— Task brief —
Using the records below, repeat exactly the lines from the one holding "workunit.input.clear();" through the one holding "pub fn wants_deletion(workunit: &Workunit)", both ends included, and no others.

──────── Records for processing ────────

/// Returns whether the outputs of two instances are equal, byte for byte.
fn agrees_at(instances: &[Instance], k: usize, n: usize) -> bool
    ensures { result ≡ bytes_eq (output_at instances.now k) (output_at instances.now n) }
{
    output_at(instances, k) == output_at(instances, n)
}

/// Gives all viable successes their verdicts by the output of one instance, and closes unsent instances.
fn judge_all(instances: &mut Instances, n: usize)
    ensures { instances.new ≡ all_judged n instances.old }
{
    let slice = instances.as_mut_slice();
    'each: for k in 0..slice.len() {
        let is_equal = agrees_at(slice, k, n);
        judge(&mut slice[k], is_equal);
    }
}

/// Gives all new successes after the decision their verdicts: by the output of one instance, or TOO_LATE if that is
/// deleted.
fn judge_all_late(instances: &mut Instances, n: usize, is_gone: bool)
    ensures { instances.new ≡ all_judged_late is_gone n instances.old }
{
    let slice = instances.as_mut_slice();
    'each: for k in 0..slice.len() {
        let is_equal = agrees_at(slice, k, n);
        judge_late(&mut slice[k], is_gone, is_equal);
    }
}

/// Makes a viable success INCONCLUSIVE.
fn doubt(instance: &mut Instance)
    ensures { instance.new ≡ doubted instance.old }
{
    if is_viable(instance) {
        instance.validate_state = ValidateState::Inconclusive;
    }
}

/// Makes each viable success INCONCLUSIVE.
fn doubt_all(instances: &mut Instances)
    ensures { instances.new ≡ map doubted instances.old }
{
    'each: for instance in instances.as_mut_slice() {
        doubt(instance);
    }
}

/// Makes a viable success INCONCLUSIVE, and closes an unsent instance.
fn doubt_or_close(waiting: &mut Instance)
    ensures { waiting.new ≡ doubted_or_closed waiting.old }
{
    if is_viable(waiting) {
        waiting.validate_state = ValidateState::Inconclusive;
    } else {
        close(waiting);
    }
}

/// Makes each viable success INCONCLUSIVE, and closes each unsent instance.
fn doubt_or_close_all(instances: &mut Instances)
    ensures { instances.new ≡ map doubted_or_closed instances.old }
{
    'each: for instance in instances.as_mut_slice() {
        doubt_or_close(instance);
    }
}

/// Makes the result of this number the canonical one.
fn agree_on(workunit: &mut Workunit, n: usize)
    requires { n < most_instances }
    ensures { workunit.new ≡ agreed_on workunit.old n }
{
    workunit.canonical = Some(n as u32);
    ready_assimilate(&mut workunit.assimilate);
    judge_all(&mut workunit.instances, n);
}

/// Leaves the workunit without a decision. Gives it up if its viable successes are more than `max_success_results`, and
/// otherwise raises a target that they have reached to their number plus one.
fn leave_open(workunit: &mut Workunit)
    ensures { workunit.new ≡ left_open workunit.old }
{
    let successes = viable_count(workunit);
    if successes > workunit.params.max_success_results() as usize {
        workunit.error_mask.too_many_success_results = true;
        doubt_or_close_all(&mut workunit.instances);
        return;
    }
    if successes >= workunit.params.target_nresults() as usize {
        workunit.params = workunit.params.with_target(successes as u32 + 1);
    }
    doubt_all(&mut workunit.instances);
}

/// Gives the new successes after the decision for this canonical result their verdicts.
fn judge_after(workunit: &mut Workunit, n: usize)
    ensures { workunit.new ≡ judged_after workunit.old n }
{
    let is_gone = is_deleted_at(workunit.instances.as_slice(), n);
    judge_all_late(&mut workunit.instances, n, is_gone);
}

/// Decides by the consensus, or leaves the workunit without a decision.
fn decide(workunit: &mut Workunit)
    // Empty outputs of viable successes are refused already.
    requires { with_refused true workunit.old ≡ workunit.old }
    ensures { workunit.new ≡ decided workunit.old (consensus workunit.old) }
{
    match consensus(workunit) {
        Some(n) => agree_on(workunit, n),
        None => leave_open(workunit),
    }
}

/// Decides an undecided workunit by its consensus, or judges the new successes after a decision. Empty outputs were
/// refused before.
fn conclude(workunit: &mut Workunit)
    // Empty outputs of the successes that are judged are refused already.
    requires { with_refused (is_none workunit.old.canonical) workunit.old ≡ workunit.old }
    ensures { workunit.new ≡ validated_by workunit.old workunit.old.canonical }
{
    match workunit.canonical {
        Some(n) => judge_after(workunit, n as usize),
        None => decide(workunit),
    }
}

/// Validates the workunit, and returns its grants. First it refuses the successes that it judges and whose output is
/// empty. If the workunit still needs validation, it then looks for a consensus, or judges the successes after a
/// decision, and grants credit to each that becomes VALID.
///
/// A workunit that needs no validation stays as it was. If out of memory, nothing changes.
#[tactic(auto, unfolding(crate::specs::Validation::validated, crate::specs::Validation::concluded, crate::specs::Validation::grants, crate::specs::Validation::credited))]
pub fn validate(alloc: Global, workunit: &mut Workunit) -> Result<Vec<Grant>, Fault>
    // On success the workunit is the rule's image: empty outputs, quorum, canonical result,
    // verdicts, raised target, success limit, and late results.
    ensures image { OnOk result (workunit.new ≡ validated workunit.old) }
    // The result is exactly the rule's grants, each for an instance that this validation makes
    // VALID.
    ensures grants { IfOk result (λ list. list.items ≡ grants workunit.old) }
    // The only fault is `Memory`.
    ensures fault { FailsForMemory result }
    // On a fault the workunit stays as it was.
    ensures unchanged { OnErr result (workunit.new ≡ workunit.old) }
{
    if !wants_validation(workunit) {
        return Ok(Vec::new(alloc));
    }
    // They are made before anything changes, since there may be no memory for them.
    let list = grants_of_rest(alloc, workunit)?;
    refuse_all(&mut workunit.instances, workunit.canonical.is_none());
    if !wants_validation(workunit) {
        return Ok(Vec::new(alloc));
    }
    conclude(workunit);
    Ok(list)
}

────────
──────── Records for processing ────────

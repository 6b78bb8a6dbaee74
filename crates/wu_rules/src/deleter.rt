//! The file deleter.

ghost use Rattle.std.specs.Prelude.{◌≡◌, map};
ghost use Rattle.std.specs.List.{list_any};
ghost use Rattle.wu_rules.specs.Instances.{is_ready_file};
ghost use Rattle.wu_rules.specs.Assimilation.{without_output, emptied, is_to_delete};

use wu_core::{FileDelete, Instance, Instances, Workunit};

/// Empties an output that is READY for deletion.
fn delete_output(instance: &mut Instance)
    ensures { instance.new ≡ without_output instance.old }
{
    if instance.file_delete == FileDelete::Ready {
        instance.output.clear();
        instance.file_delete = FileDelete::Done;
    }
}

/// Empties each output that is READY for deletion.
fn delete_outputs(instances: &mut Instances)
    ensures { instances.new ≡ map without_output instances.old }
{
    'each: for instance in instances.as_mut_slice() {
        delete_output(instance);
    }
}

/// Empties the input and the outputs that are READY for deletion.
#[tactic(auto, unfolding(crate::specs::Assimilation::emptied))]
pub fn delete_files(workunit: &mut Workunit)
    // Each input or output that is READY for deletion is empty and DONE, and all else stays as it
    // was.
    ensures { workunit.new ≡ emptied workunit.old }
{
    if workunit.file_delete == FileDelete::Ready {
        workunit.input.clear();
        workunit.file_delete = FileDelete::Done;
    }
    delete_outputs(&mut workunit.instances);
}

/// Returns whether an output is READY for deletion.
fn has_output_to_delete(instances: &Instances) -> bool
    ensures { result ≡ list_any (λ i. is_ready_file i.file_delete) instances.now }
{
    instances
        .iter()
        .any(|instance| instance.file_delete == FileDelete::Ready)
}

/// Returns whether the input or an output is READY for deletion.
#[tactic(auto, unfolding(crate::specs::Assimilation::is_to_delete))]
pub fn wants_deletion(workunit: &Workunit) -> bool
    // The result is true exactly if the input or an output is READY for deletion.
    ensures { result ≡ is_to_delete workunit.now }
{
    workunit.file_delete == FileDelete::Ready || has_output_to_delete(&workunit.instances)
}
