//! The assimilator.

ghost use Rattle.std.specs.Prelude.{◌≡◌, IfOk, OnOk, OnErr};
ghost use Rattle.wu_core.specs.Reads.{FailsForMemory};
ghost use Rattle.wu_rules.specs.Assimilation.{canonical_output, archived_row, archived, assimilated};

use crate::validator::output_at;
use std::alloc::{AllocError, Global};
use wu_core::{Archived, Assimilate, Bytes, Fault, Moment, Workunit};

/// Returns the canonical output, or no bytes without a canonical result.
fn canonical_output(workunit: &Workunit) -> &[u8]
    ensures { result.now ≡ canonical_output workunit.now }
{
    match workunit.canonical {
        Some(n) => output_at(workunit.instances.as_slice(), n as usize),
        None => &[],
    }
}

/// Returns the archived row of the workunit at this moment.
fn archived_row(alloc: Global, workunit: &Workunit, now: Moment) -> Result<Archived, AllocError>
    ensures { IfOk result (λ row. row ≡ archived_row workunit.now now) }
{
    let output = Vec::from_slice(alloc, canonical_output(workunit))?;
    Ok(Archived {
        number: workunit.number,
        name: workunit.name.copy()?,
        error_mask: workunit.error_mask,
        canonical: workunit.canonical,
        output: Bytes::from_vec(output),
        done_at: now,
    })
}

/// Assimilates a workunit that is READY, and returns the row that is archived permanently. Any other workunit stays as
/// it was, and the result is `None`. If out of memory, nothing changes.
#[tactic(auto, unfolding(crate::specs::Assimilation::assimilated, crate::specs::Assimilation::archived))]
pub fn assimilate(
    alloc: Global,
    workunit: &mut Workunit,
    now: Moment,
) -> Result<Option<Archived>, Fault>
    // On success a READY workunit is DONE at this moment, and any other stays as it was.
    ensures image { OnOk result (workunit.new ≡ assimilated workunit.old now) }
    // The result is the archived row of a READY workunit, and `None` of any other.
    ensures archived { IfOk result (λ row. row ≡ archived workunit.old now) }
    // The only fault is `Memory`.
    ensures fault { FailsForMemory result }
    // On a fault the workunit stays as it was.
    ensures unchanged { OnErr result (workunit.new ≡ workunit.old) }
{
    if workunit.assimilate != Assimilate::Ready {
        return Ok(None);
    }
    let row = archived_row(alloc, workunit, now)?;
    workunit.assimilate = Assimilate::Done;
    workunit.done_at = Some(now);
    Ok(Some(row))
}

────────

— Answer for the task —
        workunit.input.clear();
        workunit.file_delete = FileDelete::Done;
    }
    delete_outputs(&mut workunit.instances);
}

/// Returns whether an output is READY for deletion.
fn has_output_to_delete(instances: &Instances) -> bool
    ensures { result ≡ list_any (λ i. is_ready_file i.file_delete) instances.now }
{
    instances
        .iter()
        .any(|instance| instance.file_delete == FileDelete::Ready)
}

/// Returns whether the input or an output is READY for deletion.
#[tactic(auto, unfolding(crate::specs::Assimilation::is_to_delete))]
pub fn wants_deletion(workunit: &Workunit) -> bool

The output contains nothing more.